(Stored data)
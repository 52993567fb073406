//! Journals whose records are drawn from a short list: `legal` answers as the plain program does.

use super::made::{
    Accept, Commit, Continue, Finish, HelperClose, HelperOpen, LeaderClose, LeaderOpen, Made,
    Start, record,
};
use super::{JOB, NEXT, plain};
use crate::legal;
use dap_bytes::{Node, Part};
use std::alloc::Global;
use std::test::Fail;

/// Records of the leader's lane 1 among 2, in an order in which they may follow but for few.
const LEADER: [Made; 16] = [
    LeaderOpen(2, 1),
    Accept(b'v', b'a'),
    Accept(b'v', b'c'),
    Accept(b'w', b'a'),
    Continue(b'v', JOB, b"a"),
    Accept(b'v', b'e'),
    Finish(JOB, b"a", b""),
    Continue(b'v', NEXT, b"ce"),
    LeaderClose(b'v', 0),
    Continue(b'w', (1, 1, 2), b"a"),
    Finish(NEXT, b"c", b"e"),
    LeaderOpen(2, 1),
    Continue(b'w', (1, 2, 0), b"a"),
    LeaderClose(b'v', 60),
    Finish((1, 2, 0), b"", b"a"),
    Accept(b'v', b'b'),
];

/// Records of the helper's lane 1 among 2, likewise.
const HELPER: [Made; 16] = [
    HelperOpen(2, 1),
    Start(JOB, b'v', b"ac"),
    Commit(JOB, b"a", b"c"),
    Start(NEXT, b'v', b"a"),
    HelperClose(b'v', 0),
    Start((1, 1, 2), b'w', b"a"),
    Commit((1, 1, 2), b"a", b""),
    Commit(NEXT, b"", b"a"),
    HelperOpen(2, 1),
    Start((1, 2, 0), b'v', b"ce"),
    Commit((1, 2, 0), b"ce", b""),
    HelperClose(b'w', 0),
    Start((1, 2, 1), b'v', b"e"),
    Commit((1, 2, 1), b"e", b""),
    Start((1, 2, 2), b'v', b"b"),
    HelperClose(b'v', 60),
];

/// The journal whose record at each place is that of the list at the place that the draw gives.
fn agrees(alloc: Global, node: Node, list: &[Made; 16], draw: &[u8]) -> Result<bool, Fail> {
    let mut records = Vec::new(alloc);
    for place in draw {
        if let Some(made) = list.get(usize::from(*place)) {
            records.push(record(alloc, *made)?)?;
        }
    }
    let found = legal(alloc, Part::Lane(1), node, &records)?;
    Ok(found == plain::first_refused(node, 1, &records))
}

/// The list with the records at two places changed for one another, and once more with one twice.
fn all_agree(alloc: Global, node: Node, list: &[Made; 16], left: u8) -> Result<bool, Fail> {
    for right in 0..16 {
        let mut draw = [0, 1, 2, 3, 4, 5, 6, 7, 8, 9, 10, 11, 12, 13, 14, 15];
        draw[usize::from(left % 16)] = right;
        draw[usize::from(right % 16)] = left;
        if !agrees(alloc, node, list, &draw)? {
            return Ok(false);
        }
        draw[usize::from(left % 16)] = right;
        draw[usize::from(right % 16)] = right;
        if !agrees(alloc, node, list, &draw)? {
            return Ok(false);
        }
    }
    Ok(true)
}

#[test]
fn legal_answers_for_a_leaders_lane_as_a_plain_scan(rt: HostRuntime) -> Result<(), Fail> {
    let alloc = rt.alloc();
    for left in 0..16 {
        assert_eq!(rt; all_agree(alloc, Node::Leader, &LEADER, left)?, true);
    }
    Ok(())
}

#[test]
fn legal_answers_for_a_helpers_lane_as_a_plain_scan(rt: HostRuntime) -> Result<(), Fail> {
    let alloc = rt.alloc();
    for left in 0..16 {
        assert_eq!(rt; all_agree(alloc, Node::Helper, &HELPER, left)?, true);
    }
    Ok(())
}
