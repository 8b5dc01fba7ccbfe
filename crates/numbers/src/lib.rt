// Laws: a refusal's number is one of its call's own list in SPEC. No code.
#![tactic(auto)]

EXERCISE DIRECTIONS
Return only this span, exactly: the line that contains "the draw gives." and all lines after it to the end of the records.

REPLY
/// The journal whose record at each place is that of the list at the place that the draw gives.
fn agrees(alloc: Global, node: Node, list: &[Made; 16], draw: &[u8]) -> Result<bool, Fail> {
    let mut records = Vec::new(alloc);
    for place in draw {
        if let Some(made) = list.get(usize::from(*place)) {
            records.push(record(alloc, *made)?)?;
        }
    }
    let found = legal(alloc, Part::Lane(1), node, &records)?;
    Ok(found == plain::first_refused(node, 1, &records))
}

/// The list with the records at two places changed for one another, and once more with one twice.
fn all_agree(alloc: Global, node: Node, list: &[Made; 16], left: u8) -> Result<bool, Fail> {
    for right in 0..16 {
        let mut draw = [0, 1, 2, 3, 4, 5, 6, 7, 8, 9, 10, 11, 12, 13, 14, 15];
        draw[usize::from(left % 16)] = right;
        draw[usize::from(right % 16)] = left;
        if !agrees(alloc, node, list, &draw)? {
            return Ok(false);
        }
        draw[usize::from(left % 16)] = right;
        draw[usize::from(right % 16)] = right;
        if !agrees(alloc, node, list, &draw)? {
            return Ok(false);
        }
    }
    Ok(true)
}

#[test]
fn legal_answers_for_a_leaders_lane_as_a_plain_scan(rt: HostRuntime) -> Result<(), Fail> {
    let alloc = rt.alloc();
    for left in 0..16 {
        assert_eq!(rt; all_agree(alloc, Node::Leader, &LEADER, left)?, true);
    }
    Ok(())
}

#[test]
fn legal_answers_for_a_helpers_lane_as_a_plain_scan(rt: HostRuntime) -> Result<(), Fail> {
    let alloc = rt.alloc();
    for left in 0..16 {
        assert_eq!(rt; all_agree(alloc, Node::Helper, &HELPER, left)?, true);
    }
    Ok(())
}
repository 8b5dc01fba7ccbfe
filename crates/numbers/src/lib.rt
// Laws: a refusal's number is one of its call's own list in SPEC. No code.
#![tactic(auto)]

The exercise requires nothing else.